Comment by jeroenhd

Comment by jeroenhd 6 months ago

2 replies

Looking at the spec (https://github.com/facebook/zstd/blob/dev/contrib/seekable_f...), I don't see any mention of custom dictionaries like you describe.

The spec does mention:

> While only Checksum_Flag currently exists, there are 7 other bits in this field that can be used for future changes to the format, for example the addition of inline dictionaries.

so I don't think seekable zstd supports these dictionaries just yet.
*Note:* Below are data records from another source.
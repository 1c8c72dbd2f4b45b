ghost use Rattle.std.specs.Prelude.{◌≡◌, ◌++◌, IfOk, OnOk};
ghost use Rattle.std.specs.Fmt.{decimal};
ghost use Rattle.plex_run.specs.StatusLines.{why_word, script_line, full_line};

use crate::program::JOURNAL_LIMIT;
use itoa::Buffer;
use plex_load::scripts::Why;
use plex_load::spell::name_text;
use plex_load::types::{Name16, NoMemory};
use std::alloc::Global;

/// The word of a cause.
pub(crate) fn why_text(why: Why) -> &'static [u8]
    ensures { result.now ≡ why_word why }
{
    match why {
        Why::Late => b"LATE",
        Why::Syntax => b"SYNTAX",
        Why::Limit => b"LIMIT",
        Why::Unknown => b"UNKNOWN",
        Why::Twice => b"TWICE",
        Why::Space => b"SPACE",
    }
}

// Puts a text to a line.
fn put_text(line: &mut Vec<u8>, text: &[u8]) -> Result<(), NoMemory>
    ensures { OnOk result (line.new.items ≡ line.old.items ++ text.now) }
{
    line.extend_from_slice(text)?;
    Ok(())
}

// Puts a number to a line.
fn put_number(line: &mut Vec<u8>, number: u32) -> Result<(), NoMemory>
    ensures { OnOk result (line.new.items ≡ line.old.items ++ decimal number) }
{
    let mut buffer = Buffer::new();
    put_text(line, buffer.format(number).as_bytes())
}

/// The line of a text that isn't served, and why.
pub(crate) fn script_line(alloc: Global, number: u32, why: &[u8]) -> Result<Vec<u8>, NoMemory>
    ensures { IfOk result (λ line. line.items ≡ script_line number why.now) }
{
    let mut line = Vec::from_slice(alloc, b"SCRIPT ")?;
    put_number(&mut line, number)?;
    put_text(&mut line, b" ")?;
    put_text(&mut line, why)?;
    put_text(&mut line, b"\n")?;
    Ok(line)
}

/// What goes before a report: the line of the structure whose journal got full, or nothing.
pub(crate) fn full_line(alloc: Global, full: Option<Name16>) -> Result<Vec<u8>, NoMemory>
    ensures { IfOk result (λ line. line.items ≡ full_line full) }
{
    let Some(name) = full else {
        return Ok(Vec::new(alloc));
    };
    let mut line = Vec::from_slice(alloc, b"JOURNALFULL ")?;
    put_text(&mut line, name_text(&name))?;
    put_text(&mut line, b" ")?;
    put_number(&mut line, JOURNAL_LIMIT)?;
    put_text(&mut line, b"\n")?;
    Ok(line)
}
With multiple inline dictionaries, one could detect when new chunks compress badly with the previous dictionary and train new ones on the fly. Could be useful for compressing formats with headers and mixed data (i.e. game files, which can contain a mix of text + audio + video, or just regular old .tar files I suppose).

ikawe 6 months ago

Custom dictionaries are a feature of vanilla (non-seekable) zstd. As I understand it, all seekable-zstd are valid zstd, so it should be possible?

https://github.com/facebook/zstd?tab=readme-ov-file#the-case...

  • rorosen 6 months ago

    Yes, dictionaries should be totally possible. However, I've never tried them to be honest because I usually only compress big files. They can be set on the (de)compression contexts the same way as with regular zstd.